Epstein’s suggestions that we know something quite different about Iran today (and perhaps even when the NIE was written) and that the “CIA got it wrong,” is not supported by the facts. Epstein states,


Unfortunately, as the Obama administration has now acknowledged, the NIE's conclusion was dead wrong, costing us precious time in dealing with a serious threat.


The Obama Administration has made public statements quite different from what Epstein suggests, and those statements are in accord with the 2007 NIE. (See http://www.campaigniran.org/casmii/index.php?q=node/9097)


Epstein has been riding a hobbyhorse on Iran for years. In fact the Wall Street Journal article has appeared in several publications, virtually identical to the one referred to here, most of them in June and July of 2007. He is convinced that, “Taken together [his evidence]…these efforts added up an inescapable conclusion: Iran was going nuclear.”


We do have evidence of Iran’s nuclear energy program proceeding. Tehran has made claims, some of them outrageous (such that it will have fusion energy within a few years) but what is the likelihood of a nuclear weapons program being viable.


There has never been any scientific “secret” to the atomic bomb, except the crucial secret, revealed at Hiroshima and Nagasaki, that such a weapon would work.
There were engineering and industrial secrets, of course – how to manufacture filters that would efficiently separate the [uranium isotopes], for example; how to separate plutonium chemically from irradiated uranium; how to compose and shape explosive lenses – and these secrets continue quite properly to be protected.


The above quote is from Richard Rhodes, “Introduction” (1992).to Robert Serber(1943.) The Los Alamos Primer,Berkeley, CA: The University of California Press, p. xii.


Fareed Zakaria, on his program GPS (“Sanctions”. Fareed Zakaria (August 8, 2010) CNN GPS) argues that


Two months ago, the UN security council imposed what President Obama called "the toughest sanctions ever faced by Iran. But are those sanctions working?

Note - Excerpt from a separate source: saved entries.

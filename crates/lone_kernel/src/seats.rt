//! Where each core stands in its list.

use call_steps::CoreState;
use spk_nums::Call;

/// Where a core stands in its list of calls.
#[derive(Clone, Copy, Debug, PartialEq, Eq)]
pub struct Seat {
    /// How many calls of the list have begun.
    pub begun: usize,
    /// How many are not decided.
    pub due: usize,
    /// The core.
    pub state: CoreState,
}

/// What a core does next: the first step of a call, or a further one.
#[derive(Clone, Copy, Debug, PartialEq, Eq)]
pub enum Turn {
    /// This call begins, and makes its first step.
    Begins { call: Call },
    /// The active call makes its next step.
    GoesOn,
}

Not according to Iranian President Ahmadinejad.


But then why are countries, including some of Iran's trading partners, following America's lead and tightening the screws on Iran? And what effect will that have?


[http://www.cnn.com/video/#/video/world/2010/08/08/gps.what.in.the.world.8.08.cnn]

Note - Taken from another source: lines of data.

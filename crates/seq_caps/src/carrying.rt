//! The changes of the calls on capabilities, given what was looked up.

ghost use Rattle.std.specs.Prelude.{◌≡◌, ◌<◌, ◌≤◌, ◌+◌, ◌^◌, IsSome, [], ◌∷◌, None};
ghost use Rattle.seq_lookups.specs.spk_nums.specs.Limits.{least_arg, end_of_arg};
ghost use Rattle.seq_lookups.specs.spk_nums.specs.CallLimits.{InLimits, MakeInLimits};
ghost use Rattle.seq_lookups.specs.spk_nums.specs.declared.kinds.Kind.TheVariants as kinds;
ghost use Rattle.seq_lookups.specs.spk_nums.specs.declared.calls.Call.TheVariants.{Make as make_call};
ghost use Rattle.seq_lookups.specs.spk_nums.specs.declared.replies.Reply.TheVariants.{Ok as ok};
ghost use Rattle.seq_lookups.specs.seq_state.specs.kernel_rules.specs.State.{Comp, Live, with_number};
ghost use Rattle.seq_lookups.specs.seq_state.specs.kernel_rules.specs.CapabilityCalls.{epoch_of};
ghost use Rattle.seq_lookups.specs.seq_state.specs.kernel_rules.specs.Edits.{cleared};
ghost use Rattle.seq_lookups.specs.seq_state.specs.kernel_rules.specs.CallRelation.{rule_of};
ghost use Rattle.seq_lookups.specs.seq_state.specs.Parts.{object_of};
ghost use Rattle.seq_lookups.specs.seq_state.specs.Maps.{state_of};
ghost use Rattle.seq_lookups.specs.seq_state.specs.Representation.{Represents};
ghost use Rattle.seq_lookups.specs.Carried.{IsCarriedOut, removed};
ghost use Rattle.seq_plans.specs.declared.walking.Looked.{Looked};
ghost use Rattle.seq_plans.specs.Walks.{left_of};
ghost use Rattle.seq_plans.specs.Carrying.{change_in, MayCarry};
ghost use Rattle.seq_caps.specs.Own.{IsCapCall};
ghost use Rattle.seq_caps.specs.Holding.{holding};

use crate::frames::{clear, epoch_of, plain_cap, put};
use seq_lookups::seq_state::{
    CompFields, Liveness, Object, SeqKernel, Stack, TcapFields, ThreadFields,
};
use seq_lookups::spk_nums::{
    Call, Cap, CoreNo, FrameArg, FrameNo, Kind, Make, Qualities, Rights, Value,
};
use seq_lookups::{Slot, fill, remove};
use seq_plans::Looked;

/// The frame holds the object, and the place its capability.
fn hold(k: &mut SeqKernel, frame: FrameNo, object: Object, kind: Kind, at: Slot)
    requires least { least_arg kind ≡ 0 }
    requires end { 0 < end_of_arg kind }
    ensures { Represents k.new (holding (state_of k.old) frame (object_of object) kind at) }
{
    put(k, frame, object, plain_cap(kind, frame), at);
}

/// The frame is a node whose places are free, and the place holds its capability.
fn hold_node(k: &mut SeqKernel, frame: FrameNo, object: Object, kind: Kind, at: Slot)
    requires least { least_arg kind ≡ 0 }
    requires end { 0 < end_of_arg kind }
    ensures { Represents k.new (holding (cleared (state_of k.old) frame) frame (object_of object) kind at) }
{
    clear(k, frame);
    put(k, frame, object, plain_cap(kind, frame), at);
}

/// The next epoch of a liveness number, where it has one left.
fn epoch_after(k: &SeqKernel, live: u8) -> u16
    ensures { epoch_of ((state_of k.now).number live) + 1 ≤ (state_of k.now).limits.epochs
        → result ≡ epoch_of ((state_of k.now).number live) + 1 }
{
    let epoch = epoch_of(&k.number(live));
    if epoch < k.epochs() { epoch + 1 } else { epoch }
}

/// The frame is a component, which is live in this epoch of its liveness number.
fn hold_comp(
    k: &mut SeqKernel,
    frame: FrameNo,
    table: FrameNo,
    pages: FrameNo,
    live: u8,
    epoch: u16,
    at: Slot,
)
    requires { live < 64 }
    ensures { Represents k.new (holding (with_number (state_of k.old) live (Live epoch frame)) frame
        (Comp (record { table = table; pages = pages; number = live; epoch = epoch })) kinds.Comp at) }
{
    let comp = CompFields {
        table,
        pages,
        number: live,
        epoch,
    };
    k.set_number(live, Liveness::Live { epoch, frame });
    put(
        k,
        frame,
        Object::Comp(comp),
        plain_cap(Kind::Comp, frame),
        at,
    );
}

/// Makes an object in a frame, where what it refers to was found.
fn make_in(k: &mut SeqKernel, what: &Make, frame: FrameNo, looked: &Looked, at: Slot)
    requires { MakeInLimits what.now }
    ensures { (core r t b : ℕ) → MayCarry (state_of k.old) core (make_call what.now r frame t b) looked.now → looked.now.at ≡ Some at
        → IsCarriedOut (state_of k.old)
        (change_in (state_of k.old) core (left_of (rule_of (state_of k.old) core (make_call what.now r frame t b)) looked.now))
        (ok Nothing) k.new }
{
    match *what {
        Make::Table => hold_node(k, frame, Object::Table, Kind::Table, at),
        Make::Leaf => hold_node(k, frame, Object::Leaf, Kind::Leaf, at),
        Make::Pages => hold_node(k, frame, Object::Pages, Kind::Pages, at),
        Make::Pleaf => hold_node(k, frame, Object::Pleaf, Kind::Pleaf, at),
        Make::Thread { comp: _ } => {
            if let Some(comp) = looked.third {
                let thread = ThreadFields {
                    stack: Stack::one(comp.frame()),
                    runs_on: None,
                };
                hold(k, frame, Object::Thread(thread), Kind::Thread, at);
            }
        }
        Make::Tcap { sched, quality } => {
            let tcap = TcapFields {
                budget: 0,
                qualities: Qualities::one(sched, quality),
            };
            hold(k, frame, Object::Tcap(tcap), Kind::Tcap, at);
        }
        Make::Comp {
            table: _,
            pages: _,
            live,
        } => {
            if let Some(table) = looked.third {
                if let Some(pages) = looked.fourth {
                    let epoch = epoch_after(k, live);
                    hold_comp(k, frame, table.frame(), pages.frame(), live, epoch, at);
                }
            }
        }
    }
}

/// `make`: the frame holds the object, and the place its capability.
fn make(k: &mut SeqKernel, what: &Make, frame: FrameArg, looked: &Looked) -> Value
    requires { MakeInLimits what.now }
    ensures { (core r t b : ℕ) → MayCarry (state_of k.old) core (make_call what.now r frame t b) looked.now
        → IsCarriedOut (state_of k.old)
        (change_in (state_of k.old) core (left_of (rule_of (state_of k.old) core (make_call what.now r frame t b)) looked.now))
        (ok result) k.new }
{
    if let Some(at) = looked.at {
        if frame.number() < k.frames() {
            make_in(k, what, FrameNo::new(frame.number()), looked, at);
            return Value::Nothing;
        }
    }
    Value::Nothing
}

/// `look`: the capability.
fn look(looked: &Looked) -> Value
    ensures { (k : Capability) → looked.now.first ≡ Some k → result ≡ cap_value k }
{
    match looked.first {
        Some(cap) => Value::Cap(cap),
        None => Value::Nothing,
    }
}

/// `copy`: the place holds the capability, with those of its rights that are among these.
fn copy(k: &mut SeqKernel, looked: &Looked, rights: Rights) -> Value
    ensures { (core a t b : ℕ) → MayCarry (state_of k.old) core (Copy a t b rights) looked.now
        → IsCarriedOut (state_of k.old)
        (change_in (state_of k.old) core (left_of (rule_of (state_of k.old) core (Copy a t b rights)) looked.now))
        (ok result) k.new }
{
    if let Some(cap) = looked.first {
        if let Some(at) = looked.at {
            fill(k, at, cap.keep(rights));
            return Value::Nothing;
        }
    }
    Value::Nothing
}

/// `part`: the place holds the range of these frames, with the rights of the range that has them.
fn part(k: &mut SeqKernel, frame: FrameArg, count: u16, looked: &Looked) -> Value
    ensures { (core r t b : ℕ) → MayCarry (state_of k.old) core (Part r frame count t b) looked.now
        → IsCarriedOut (state_of k.old)
        (change_in (state_of k.old) core (left_of (rule_of (state_of k.old) core (Part r frame count t b)) looked.now))
        (ok result) k.new }
{
    if let Some(range) = looked.first {
        if let Some(at) = looked.at {
            if frame.number() < k.frames() {
                fill(k, at, range.part(FrameNo::new(frame.number()), count));
                return Value::Nothing;
            }
        }
    }
    Value::Nothing
}

/// `grow`: the root entry links the leaf.
fn grow(k: &mut SeqKernel, looked: &Looked) -> Value
    ensures { (core t i l : ℕ) → MayCarry (state_of k.old) core (Grow t i l) looked.now
        → IsCarriedOut (state_of k.old)
        (change_in (state_of k.old) core (left_of (rule_of (state_of k.old) core (Grow t i l)) looked.now)) (ok result) k.new }
{
    if let Some(leaf) = looked.second {
        if let Some(at) = looked.at {
            fill(k, at, Cap::new(Kind::Link, leaf.frame(), 0));
            return Value::Nothing;
        }
    }
    Value::Nothing
}

/// `remove` and `shrink`: what the place holds is removed.
fn take_away(k: &mut SeqKernel, looked: &Looked) -> Value
    ensures { (at : slot) (k' : Capability) → looked.now.at ≡ Some at → looked.now.held ≡ Some k'
        → (result ≡ Nothing) × Represents k.new (removed (state_of k.old) at k') }
{
    if let Some(at) = looked.at {
        if let Some(cap) = looked.held {
            remove(k, at, cap);
            return Value::Nothing;
        }
    }
    Value::Nothing
}

/// Carries out a call on capabilities of a core that has looked this up, and answers its value: the change of the call's rule. None of
/// its causes may stand, and what it refers to must have been found (`MayCarry`); of any other call nothing is said.
pub fn carry_out(k: &mut SeqKernel, core: CoreNo, call: &Call, looked: &Looked) -> Value
    requires own { IsCapCall call.now }
    requires limits { InLimits call.now }
    ensures { MayCarry (state_of k.old) core call.now looked.now → IsCarriedOut (state_of k.old)
        (change_in (state_of k.old) core (left_of (rule_of (state_of k.old) core call.now) looked.now)) (ok result) k.new }
{
    match *call {
        Call::Look { a: _ } => look(looked),
        Call::Copy {
            a: _,
            t: _,
            b: _,
            rights,
        } => copy(k, looked, rights),
        Call::Remove { t: _, b: _ } => take_away(k, looked),
        Call::Grow { t: _, i: _, l: _ } => grow(k, looked),
        Call::Shrink { t: _, i: _ } => take_away(k, looked),
        Call::Make {
            what,
            range: _,
            frame,
            table: _,
            slot: _,
        } => make(k, &what, frame, looked),
        Call::Part {
            r: _,
            f,
            n,
            t: _,
            b: _,
        } => part(k, f, n, looked),
        _ => unreachable!(),
    }
}

ghost use Rattle.std.specs.Prelude.{ℕ, Some};
ghost use Rattle.seq_lookups.specs.spk_nums.specs.Capability.{Capability};
ghost use Rattle.seq_lookups.specs.spk_nums.specs.declared.calls.Call.TheVariants.{Copy, Grow, Part};
ghost use Rattle.seq_lookups.specs.spk_nums.specs.declared.replies.Value.TheVariants.{Nothing, Cap as cap_value};
ghost use Rattle.seq_lookups.specs.seq_state.specs.kernel_rules.specs.Access.{Slot as slot};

Producing intelligence is not the same as investigative reporting. Many sources are tapped to gather data (not information. They are different.) Professionals with years of pertinent experience, assemble the data and perform analyses for policymakers. Finally the compiled intelligence is disseminated to consumers (the policymakers) who will, undoubtedly cherry-pick conclusions that agree with agendas and current perceptions. I know this is true. It has happened to me.


The costs in resources, facilities, and brainpower to develop nuclear weapons is enormous. Even with a set of plans handed over personally from Pakistan, Iran would find it very difficult to construct a working nuclear weapon. But other resources, also expensive and quite detectable, are required, such as a means of delivery of a weapon. These efforts can be detected far earlier than the detection of a nuclear arsenal.


It is in Israel’s interest that the U.S. policy assumes that Iran is hell-bent on developing a credible nuclear threat. It would follow that the U.S. would be the “deep pockets” of resources to eradicate such a threat. But Israeli policymakers are no less intelligent that American ones. Why would Israel be so concerned about such a program.


No country can afford to ignore a threat of even low credibility. No country can afford to ignore the threat of a threat. At the very least by announcing a nuclear program Iran gets a better chance at a place at the table. Its threats are not totally empty. Should Iran acquire even a very-low efficiency weapon then no city could afford to ignore an Iranian threat. It’s leverage. And in the world of geopolitics leverage may be even more important that possession of a working bomb.
Epstein has published this article in at least 5 different publications . He is an investigative reporter, still riding his hobbyhorse on the Warren commission Report. The article contains a number of misstatements and idiosyncratic presumptions and conclusions.